## The problem
Below are the records; count the lines that include the string "multiplexer" and give only that number.

(Stored data entries)
━━━

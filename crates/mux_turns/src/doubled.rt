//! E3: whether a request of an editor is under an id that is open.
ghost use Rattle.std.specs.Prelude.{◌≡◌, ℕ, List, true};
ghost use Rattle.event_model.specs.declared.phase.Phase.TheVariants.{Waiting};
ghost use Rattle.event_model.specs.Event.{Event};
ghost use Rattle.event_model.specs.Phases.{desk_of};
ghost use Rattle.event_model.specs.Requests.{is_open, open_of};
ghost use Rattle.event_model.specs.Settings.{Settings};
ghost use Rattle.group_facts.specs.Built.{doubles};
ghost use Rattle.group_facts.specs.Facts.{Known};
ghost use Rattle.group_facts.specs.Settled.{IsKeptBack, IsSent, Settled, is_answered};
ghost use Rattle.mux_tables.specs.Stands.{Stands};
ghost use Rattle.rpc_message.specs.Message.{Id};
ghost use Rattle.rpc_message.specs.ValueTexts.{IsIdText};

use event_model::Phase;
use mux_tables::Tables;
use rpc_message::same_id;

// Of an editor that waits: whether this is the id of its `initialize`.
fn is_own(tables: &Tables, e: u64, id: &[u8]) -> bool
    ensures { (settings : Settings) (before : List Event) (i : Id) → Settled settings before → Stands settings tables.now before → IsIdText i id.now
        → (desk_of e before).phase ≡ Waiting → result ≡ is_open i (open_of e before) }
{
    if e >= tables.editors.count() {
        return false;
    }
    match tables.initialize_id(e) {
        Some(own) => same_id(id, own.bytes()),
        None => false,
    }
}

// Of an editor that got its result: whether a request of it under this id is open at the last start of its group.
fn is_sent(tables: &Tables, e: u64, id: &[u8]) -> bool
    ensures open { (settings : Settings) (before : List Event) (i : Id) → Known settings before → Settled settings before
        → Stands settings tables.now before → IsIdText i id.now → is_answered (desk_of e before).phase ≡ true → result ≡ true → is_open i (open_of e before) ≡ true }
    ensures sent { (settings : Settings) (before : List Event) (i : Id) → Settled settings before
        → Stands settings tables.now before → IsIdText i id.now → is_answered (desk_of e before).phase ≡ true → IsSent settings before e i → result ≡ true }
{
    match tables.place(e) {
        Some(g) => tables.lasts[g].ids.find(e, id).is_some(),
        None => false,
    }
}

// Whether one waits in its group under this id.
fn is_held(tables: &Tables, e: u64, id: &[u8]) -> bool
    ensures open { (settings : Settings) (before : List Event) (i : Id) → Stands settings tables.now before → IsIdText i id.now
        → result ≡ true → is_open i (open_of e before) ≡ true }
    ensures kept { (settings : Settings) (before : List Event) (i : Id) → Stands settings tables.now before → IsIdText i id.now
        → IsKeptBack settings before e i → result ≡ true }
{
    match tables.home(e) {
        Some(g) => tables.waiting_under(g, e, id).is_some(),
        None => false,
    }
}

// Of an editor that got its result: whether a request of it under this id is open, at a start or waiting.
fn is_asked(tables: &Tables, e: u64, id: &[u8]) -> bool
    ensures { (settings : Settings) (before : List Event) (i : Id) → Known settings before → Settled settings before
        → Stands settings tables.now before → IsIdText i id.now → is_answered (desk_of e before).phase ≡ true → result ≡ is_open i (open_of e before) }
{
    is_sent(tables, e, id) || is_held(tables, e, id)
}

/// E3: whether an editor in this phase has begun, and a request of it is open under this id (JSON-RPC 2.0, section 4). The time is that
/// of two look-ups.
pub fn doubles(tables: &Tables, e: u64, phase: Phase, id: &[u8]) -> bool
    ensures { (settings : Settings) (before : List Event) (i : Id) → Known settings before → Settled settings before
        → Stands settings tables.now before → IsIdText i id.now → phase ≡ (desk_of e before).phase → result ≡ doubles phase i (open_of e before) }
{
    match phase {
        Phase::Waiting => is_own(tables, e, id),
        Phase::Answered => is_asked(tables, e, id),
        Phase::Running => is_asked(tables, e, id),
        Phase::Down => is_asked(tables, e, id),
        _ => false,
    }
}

━━━

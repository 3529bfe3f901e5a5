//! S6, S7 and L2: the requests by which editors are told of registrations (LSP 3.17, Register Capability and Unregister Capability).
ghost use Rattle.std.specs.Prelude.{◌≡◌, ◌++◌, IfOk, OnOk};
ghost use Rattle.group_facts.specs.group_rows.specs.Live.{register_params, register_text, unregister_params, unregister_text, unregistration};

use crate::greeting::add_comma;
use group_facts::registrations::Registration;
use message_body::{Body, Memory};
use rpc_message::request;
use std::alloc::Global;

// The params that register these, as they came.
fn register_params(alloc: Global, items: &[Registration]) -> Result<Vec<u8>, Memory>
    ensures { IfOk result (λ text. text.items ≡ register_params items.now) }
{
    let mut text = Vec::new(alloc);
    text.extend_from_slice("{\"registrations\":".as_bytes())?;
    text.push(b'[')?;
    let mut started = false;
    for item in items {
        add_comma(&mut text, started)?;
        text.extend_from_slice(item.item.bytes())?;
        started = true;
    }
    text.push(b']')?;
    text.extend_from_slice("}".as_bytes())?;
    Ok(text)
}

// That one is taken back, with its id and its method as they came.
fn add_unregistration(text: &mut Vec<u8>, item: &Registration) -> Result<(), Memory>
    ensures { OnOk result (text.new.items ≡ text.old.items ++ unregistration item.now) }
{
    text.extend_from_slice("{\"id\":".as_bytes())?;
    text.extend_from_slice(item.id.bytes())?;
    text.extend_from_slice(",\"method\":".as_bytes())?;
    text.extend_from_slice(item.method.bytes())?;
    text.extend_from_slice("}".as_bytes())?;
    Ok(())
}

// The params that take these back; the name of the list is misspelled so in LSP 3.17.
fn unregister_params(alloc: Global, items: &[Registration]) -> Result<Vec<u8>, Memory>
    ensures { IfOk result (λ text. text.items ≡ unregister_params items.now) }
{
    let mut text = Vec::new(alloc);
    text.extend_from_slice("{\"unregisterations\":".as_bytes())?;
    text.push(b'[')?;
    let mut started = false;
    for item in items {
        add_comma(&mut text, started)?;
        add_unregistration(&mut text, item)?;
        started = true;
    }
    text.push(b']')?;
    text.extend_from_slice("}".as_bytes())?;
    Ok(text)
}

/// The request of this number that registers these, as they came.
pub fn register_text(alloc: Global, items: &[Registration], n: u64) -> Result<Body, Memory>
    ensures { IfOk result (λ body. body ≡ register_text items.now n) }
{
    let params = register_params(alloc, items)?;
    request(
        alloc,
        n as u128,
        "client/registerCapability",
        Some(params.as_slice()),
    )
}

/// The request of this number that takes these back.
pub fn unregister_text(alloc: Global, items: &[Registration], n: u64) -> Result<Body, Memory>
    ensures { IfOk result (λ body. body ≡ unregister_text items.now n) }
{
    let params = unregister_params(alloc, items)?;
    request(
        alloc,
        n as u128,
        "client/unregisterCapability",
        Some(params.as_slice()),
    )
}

━━━

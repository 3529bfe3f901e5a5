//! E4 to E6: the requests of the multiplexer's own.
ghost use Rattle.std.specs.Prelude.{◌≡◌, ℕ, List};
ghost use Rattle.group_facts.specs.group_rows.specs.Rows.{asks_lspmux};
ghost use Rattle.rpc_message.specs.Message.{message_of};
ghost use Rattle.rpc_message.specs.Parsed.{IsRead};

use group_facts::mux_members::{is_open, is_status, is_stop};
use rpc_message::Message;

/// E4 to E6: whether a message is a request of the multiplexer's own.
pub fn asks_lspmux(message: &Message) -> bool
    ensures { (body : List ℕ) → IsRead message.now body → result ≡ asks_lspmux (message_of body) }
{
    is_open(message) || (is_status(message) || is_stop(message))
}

━━━

## Result below
2